For the first time, a research group at Lund University in Sweden has succeeded in creating specific types of nerve cells from human skin. By reprogramming connective tissue cells, called fibroblasts, directly into nerve cells, a new field has been opened up with the potential to take research on cell transplants to the next level. The discovery represents a fundamental change in the view of the function and capacity of mature cells. By taking mature cells as their starting point instead of stem cells, the Lund researchers also avoid the ethical issues linked to research on embryonic stem cells.
Head of the research group Malin Parmar was surprised at how receptive the fibroblasts were to new instructions.
"We didn't really believe this would work, to begin with it was mostly just an interesting experiment to try.
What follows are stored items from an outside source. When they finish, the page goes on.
//! Where a number lies among the ranges of a set, found by halving.

ghost use Rattle.std.specs.Prelude.{◌≡◌, ◌≤◌, ◌<ℤ◌, ◌≤ℤ◌, ℤ, neg_ℤ, IsTrue, ◌↔◌, length, int_le, int_lt, Contains};
ghost use Rattle.ts_base.specs.Limits.{greatest_value};
ghost use Rattle.ts_domain.specs.Values.{RangesFrom, values_of};
ghost use Rattle.ts_domain.specs.Pieces.{leading_count, IsLastUpTo, IsFirstFrom, SomeUpTo, SomeFrom};

use crate::interval::Interval;

/// How many ranges end below `t`.
pub(crate) fn ended_below(ranges: &[Interval], t: i64) -> usize
    requires { RangesFrom (neg_ℤ greatest_value) ranges.now }
    ensures count { result ≡ leading_count (λ r. int_lt r.high t) ranges.now }
    ensures bound { result ≤ length ranges.now }
{
    ranges.partition_point(|range| range.high < t)
}

/// How many ranges begin at `t` or below.
pub(crate) fn begun_by(ranges: &[Interval], t: i64) -> usize
    requires { RangesFrom (neg_ℤ greatest_value) ranges.now }
    ensures count { result ≡ leading_count (λ r. int_le r.low t) ranges.now }
    ensures bound { result ≤ length ranges.now }
{
    ranges.partition_point(|range| range.low <= t)
}

/// Whether some range has the number.
pub(crate) fn has(ranges: &[Interval], v: i64) -> bool
    requires { RangesFrom (neg_ℤ greatest_value) ranges.now }
    ensures { IsTrue result ↔ Contains (values_of ranges.now) v }
{
    let at = ended_below(ranges, v);
    at < ranges.len() && ranges[at].low <= v
}

/// The greatest number up to `t`.
pub(crate) fn last_up_to(ranges: &[Interval], t: i64) -> i64
    requires apart { RangesFrom (neg_ℤ greatest_value) ranges.now }
    requires some { SomeUpTo (values_of ranges.now) t }
    ensures { IsLastUpTo (values_of ranges.now) t result }
{
    let begun = begun_by(ranges, t);
    ranges[begun - 1].high.min(t)
}

/// The least number from `t` on.
pub(crate) fn first_from(ranges: &[Interval], t: i64) -> i64
    requires apart { RangesFrom (neg_ℤ greatest_value) ranges.now }
    requires some { SomeFrom (values_of ranges.now) t }
    ensures { IsFirstFrom (values_of ranges.now) t result }
{
    let ended = ended_below(ranges, t);
    ranges[ended].low.max(t)
}

/// The end of the range that has `t`, and `t` itself where none has it.
pub(crate) fn range_end(ranges: &[Interval], t: i64) -> i64
    requires { RangesFrom (neg_ℤ greatest_value) ranges.now }
    ensures from { t ≤ℤ result }
    ensures all { (w : ℤ) → t <ℤ w → w ≤ℤ result → Contains (values_of ranges.now) w }
{
    let at = ended_below(ranges, t);
    if at < ranges.len() && ranges[at].low <= t {
        ranges[at].high
    } else {
        t
    }
}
However, we soon saw that the cells were surprisingly receptive to instructions." The study, which was published in the latest issue of the Proceedings of the National Academy of Sciences, also shows that the skin cells can be directed to become certain types of nerve cells.
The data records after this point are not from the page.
impl Domain {
    /// The union of the ranges from `lows[i]` to `highs[i]`, whose numbers are from -1,000,000 to 1,000,000.
    /// `Empty` comes exactly where there is no range or some low is above its high.
    pub fn from_ranges(alloc: Global, lows: &[i64], highs: &[i64]) -> Result<Domain, DomainStop>
        requires pairs { length lows.now ≡ length highs.now }
        requires lows_within { All WithinLimits lows.now }
        requires highs_within { All WithinLimits highs.now }
        ensures union { IfOk result (λ d. (v : ℤ) → Contains d v ↔ InSomeRange lows.now highs.now v) }
        ensures domain { IfOk result IsDomain }
        ensures empty { (result ≡ Err DomainStop.Empty)
            ↔ ((lows.now ≡ []) ⊎ SomeEmpty lows.now highs.now) }
    {
        if has_no_union(lows, highs) {
            return Err(DomainStop::Empty);
        }
        Ok(of_pairs(alloc, lows, highs)?)
    }

    /// The union of ranges, none of them empty or beyond the limits. It sorts them where they stand, and gives their
    /// memory back before it counts what it keeps.
    pub fn from_intervals(alloc: Global, ranges: Vec<Interval>) -> Result<Domain, Memory>
        requires some { 0 < length ranges.items }
        requires usable { All IsUsable ranges.items }
        ensures union { IfOk result (λ d. (v : ℤ) → Contains d v ↔ InSome ranges.items v) }
        ensures domain { IfOk result IsDomain }
    {
        let union = union_of(alloc, ranges)?;
        whole(alloc, union)
    }

    /// A copy of the set, on the ranges that it shares: it costs a count, and a copy of its marks.
    pub fn try_clone(&self) -> Result<Domain, Memory>
        ensures same { IfOk result (λ d. d ≡ self.now) }
        ensures domain { IfOk result IsDomain }
    {
        Ok(Domain {
            alloc: self.alloc,
            ranges: self.ranges.clone()?,
            piece: self.piece,
            marks: self.marks.try_clone(self.alloc)?,
        })
    }

    /// Whether `v` is one of the numbers.
    pub fn contains(&self, v: i64) -> bool
        ensures { IsTrue result ↔ Contains self.now v }
    {
        if let Some(range) = self.as_range() {
            return range.has(v);
        }
        match self.marks.at(v) {
            Some(gone) => !gone,
            None => has_in(self.ranges.items.as_slice(), self.piece, v),
        }
    }

    /// How many numbers there are.
    pub fn size(&self) -> u64
        ensures size { result ≡ length self.now }
        ensures domain { IsDomain self.now }
    {
        if let Some(range) = self.as_range() {
            return range.count();
        }
        with_more(count_in(&*self.ranges, self.piece), self.marks.more())
    }

    /// The set as one range, where no number has to be looked for: most sets are one.
    fn as_range(&self) -> Option<Interval>
        ensures { IfSome result (IsRange self.now) }
    {
        if self.marks.is_empty() && (self.ranges.items.len() == 1 || self.piece.is_single()) {
            Some(self.piece)
        } else {
            None
        }
    }

    /// What takes an end of a set that is one range out, so that it stays one, and needs no mark.
    pub(crate) fn but_end(&self, v: i64) -> Option<Keep>
        ensures { IfSome result (λ keep. values_kept keep self.now ≡ values_without v self.now) }
    {
        let range = self.as_range()?;
        if v == range.low {
            Some(Keep::Above(v))
        } else if v == range.high {
            Some(Keep::UpTo(v - 1))
        } else {
            None
        }
    }

    /// The number at place `i` in rising order, counted from 0.
    pub fn nth(&self, i: u64) -> i64
        requires { i < length self.now }
        ensures { slice_get self.now i ≡ Some result }
    {
        if let Some(range) = self.as_range() {
            return range.low + i as i64;
        }
        self.marks
            .nth_above(&*self.ranges, self.piece, BELOW_ALL, i)
    }

    /// The place of one of the numbers, counted from 0.
    pub fn place_of(&self, v: i64) -> u64
        requires { Contains self.now v }
        ensures { slice_get self.now result ≡ Some v }
    {
        if let Some(range) = self.as_range() {
            return (v - range.low) as u64;
        }
        let count = count_up_to(&*self.ranges, self.piece, v);
        with_more(count, self.marks.more_up_to(v)) - 1
    }

    /// The number at place `i` of so many, and how far the numbers follow one another from there without a gap.
    pub(crate) fn run_from(&self, i: u64, size: u64) -> Interval
        requires below { i < size }
        requires size { size ≡ length self.now }
        ensures from { neg_ℤ greatest_value ≤ℤ result.low }
        ensures ordered { result.low ≤ℤ result.high }
        ensures to { result.high ≤ℤ greatest_value }
        ensures stand { StandFrom self.now i result.low result.high }
    {
        let low = self.nth_of(i, size);
        Interval {
            low,
            high: self.run_end(low),
        }
    }

    /// The number at place `i` of so many: the first and the last one need no search by place.
    fn nth_of(&self, i: u64, size: u64) -> i64
        requires below { i < size }
        requires size { size ≡ length self.now }
        ensures { slice_get self.now i ≡ Some result }
    {
        if i == 0 {
            self.least()
        } else if i + 1 == size {
            self.greatest()
        } else {
            self.nth(i)
        }
    }

    /// How far the numbers from one of them on follow one another without a gap: to the end of its range, the end of
    /// the piece or the next mark.
    fn run_end(&self, v: i64) -> i64
        requires { Contains self.now v }
        ensures from { v ≤ℤ result }
        ensures all { (w : ℤ) → v ≤ℤ w → w ≤ℤ result → Contains self.now w }
        ensures domain { IsDomain self.now }
    {
        let end = end_in(self.ranges.items.as_slice(), self.piece, v);
        self.marks.free_to(v, end)
    }

    /// Whether both are the same range, or have the same ranges, piece and marks. It compares no numbers: of sets with
    /// gaps that were made in other ways it may say no although they are equal.
    pub fn is_same(&self, other: &Domain) -> bool
        ensures { IsTrue result → self.now ≡ other.now }
    {
        match (self.as_range(), other.as_range()) {
            (Some(one), Some(two)) => one == two,
            _ => self.has_same_parts(other),
        }
    }

    /// Whether both have the same ranges, piece and marks, and so the same numbers.
    fn has_same_parts(&self, other: &Domain) -> bool
        ensures { IsTrue result → self.now ≡ other.now }
    {
        self.piece == other.piece
            && self.marks.is_same(&other.marks)
            && self.ranges.items == other.ranges.items
    }

    /// The least number: the low end of the piece, where no mark stands there or below it.
    pub fn least(&self) -> i64
        ensures value { result ≡ least_of self.now }
        ensures there { Contains self.now result }
        ensures first { slice_get self.now 0 ≡ Some result }
        ensures least { (v : ℤ) → Contains self.now v → result ≤ℤ v }
        ensures domain { IsDomain self.now }
    {
        let low = self.piece.low;
        if self.marks.free_to(BELOW_ALL, low) == low {
            return low;
        }
        self.nth(0)
    }

    /// The least and the greatest number.
    pub fn ends(&self) -> Interval
        ensures low { Contains self.now result.low }
        ensures high { Contains self.now result.high }
        ensures all { (v : ℤ) → Contains self.now v → (result.low ≤ℤ v) × (v ≤ℤ result.high) }
    {
        Interval {
            low: self.least(),
            high: self.greatest(),
        }
    }

    /// The greatest number: the high end of the piece, where no mark stands there or above it.
    fn greatest(&self) -> i64
        ensures there { Contains self.now result }
        ensures last { slice_get self.now (length self.now - 1) ≡ Some result }
        ensures greatest { (v : ℤ) → Contains self.now v → v ≤ℤ result }
    {
        let high = self.piece.high;
        if self.marks.free_to(high - 1, CELL_VALUE) == CELL_VALUE {
            return high;
        }
        self.nth(self.size() - 1)
    }

    /// The numbers in rising order; where no number is marked, the first one alone is searched for.
    pub fn values<'a>(&'a self) -> Values<'a>
        ensures { result ≡ self.now }
    {
        walk(self, 0)
    }

    /// The numbers from place `i` on, counted from 0, in rising order.
    pub fn values_from<'a>(&'a self, i: u64) -> Values<'a>
        requires { i ≤ length self.now }
        ensures { result ≡ drop i self.now }
    {
        walk(self, i)
    }

    /// The numbers from place `i` of so many on, by ranges alone; `None` if some are marked.
    pub(crate) fn way_from<'a>(&'a self, i: u64, size: u64) -> Option<Way<'a>>
        requires { size ≡ length self.now }
        ensures { IfSome result (IsWay self.now i) }
    {
        if !self.marks.is_empty() || i >= size {
            return None;
        }
        let next = self.nth_of(i, size);
        let ranges = self.ranges.items.as_slice();
        way_at(ranges, self.piece, next)
    }

    /// Whether there is one number alone.
    pub fn is_single(&self) -> bool
        ensures { IsTrue result ↔ (length self.now ≡ 1) }
    {
        if self.marks.is_empty() {
            return self.piece.is_single();
        }
        self.size() == 1
    }

    /// The set of the values that `keep` keeps, as a copy.
    pub(crate) fn kept(&self, keep: Keep) -> Result<Domain, Memory>
        requires { values_kept keep self.now ≢ [] }
        ensures kept { IfOk result (λ d. d ≡ values_kept keep self.now) }
        ensures domain { IfOk result IsDomain }
    {
        if self.marks.more() < -MOST_MARKS {
            return self.renewed(keep);
        }
        match keep {
            Keep::UpTo(t) => self.low_part(t),
            Keep::Above(t) => self.high_part(t),
            Keep::AllBut(gone) => self.without(gone),
        }
    }

    /// The numbers up to `t`.
    fn low_part(&self, t: i64) -> Result<Domain, Memory>
        requires { values_up_to t self.now ≢ [] }
        ensures kept { IfOk result (λ d. d ≡ values_up_to t self.now) }
        ensures domain { IfOk result IsDomain }
    {
        match up_to(self.ranges.items.as_slice(), self.piece, t) {
            None => self.renewed(Keep::UpTo(t)),
            Some(piece) => Ok(Domain {
                alloc: self.alloc,
                ranges: self.ranges.clone()?,
                piece,
                marks: self.marks.try_clone(self.alloc)?.up_to(t),
            }),
        }
    }

    /// The numbers above `t`.
    fn high_part(&self, t: i64) -> Result<Domain, Memory>
        requires { values_above t self.now ≢ [] }
        ensures kept { IfOk result (λ d. d ≡ values_above t self.now) }
        ensures domain { IfOk result IsDomain }
    {
        match above(self.ranges.items.as_slice(), self.piece, t) {
            None => self.renewed(Keep::Above(t)),
            Some(piece) => Ok(Domain {
                alloc: self.alloc,
                ranges: self.ranges.clone()?,
                piece,
                marks: self.marks.try_clone(self.alloc)?.above(t),
            }),
        }
    }

    /// The numbers without one, which need not be among them.
    fn without(&self, gone: i64) -> Result<Domain, Memory>
        requires { values_without gone self.now ≢ [] }
        ensures kept { IfOk result (λ d. d ≡ values_without gone self.now) }
        ensures domain { IfOk result IsDomain }
    {
        if self.contains(gone) {
            self.renewed(Keep::AllBut(gone))
        } else {
            self.try_clone()
        }
    }

    /// What `keep` keeps, on ranges of its own.
    fn renewed(&self, keep: Keep) -> Result<Domain, Memory>
        requires { values_kept keep self.now ≢ [] }
        ensures kept { IfOk result (λ d. d ≡ values_kept keep self.now) }
        ensures domain { IfOk result IsDomain }
    {
        let parts = singles(self.alloc, self, keep)?;
        whole(self.alloc, joined(self.alloc, &parts)?)
    }

    /// Takes a number out that is there, or puts one in that isn't; the node is for a mark.
    pub(crate) fn flip(&mut self, v: i64, spare: Box<Node>)
        requires limits { WithinLimits v }
        requires stays { Contains self.old v → values_without v self.old ≢ [] }
        ensures out { Contains self.old v → self.new ≡ values_without v self.old }
        ensures back { (Contains self.old v → ⊥) → self.new ≡ put_back v self.old }
        ensures domain { IsDomain self.new }
    {
        let mark = Mark {
            value: v,
            gone: has_in(self.ranges.items.as_slice(), self.piece, v),
        };
        let marks = mem::replace(&mut self.marks, Marks::new());
        self.marks = marks.flipped(mark, spare);
    }
}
In experiments where a further two genes were activated, the researchers have been able to produce dopamine brain cells, the type of cell which dies in Parkinson's disease. The research findings are therefore an important step towards the goal of producing nerve cells for transplant which originate from the patients themselves. The cells could also be used as disease models in research on various neurodegenerative diseases.
Unlike older reprogramming methods, where skin cells are turned into pluripotent stem cells, known as IPS cells, direct reprogramming means that the skin cells do not pass through the stem cell stage when they are converted into nerve cells. Skipping the stem cell stage probably eliminates the risk of tumours forming when the cells are transplanted. Stem cell research has long been hampered by the propensity of certain stem cells to continue to divide and form tumours after being transplanted.
Before the direct conversion technique can be used in clinical practice, more research is needed on how the new nerve cells survive and function in the brain. The vision for the future is that doctors will be able to produce the brain cells that a patient needs from a simple skin or hair sample. In addition, it is presumed that specifically designed cells originating from the patient would be accepted better by the body's immune system than transplanted cells from donor tissue.
"This is the big idea in the long run. We hope to be able to do a biopsy on a patient, make dopamine cells, for example, and then transplant them as a treatment for Parkinson's disease," says Malin Parmar, who is now continuing the research to develop more types of brain cells using the new technique.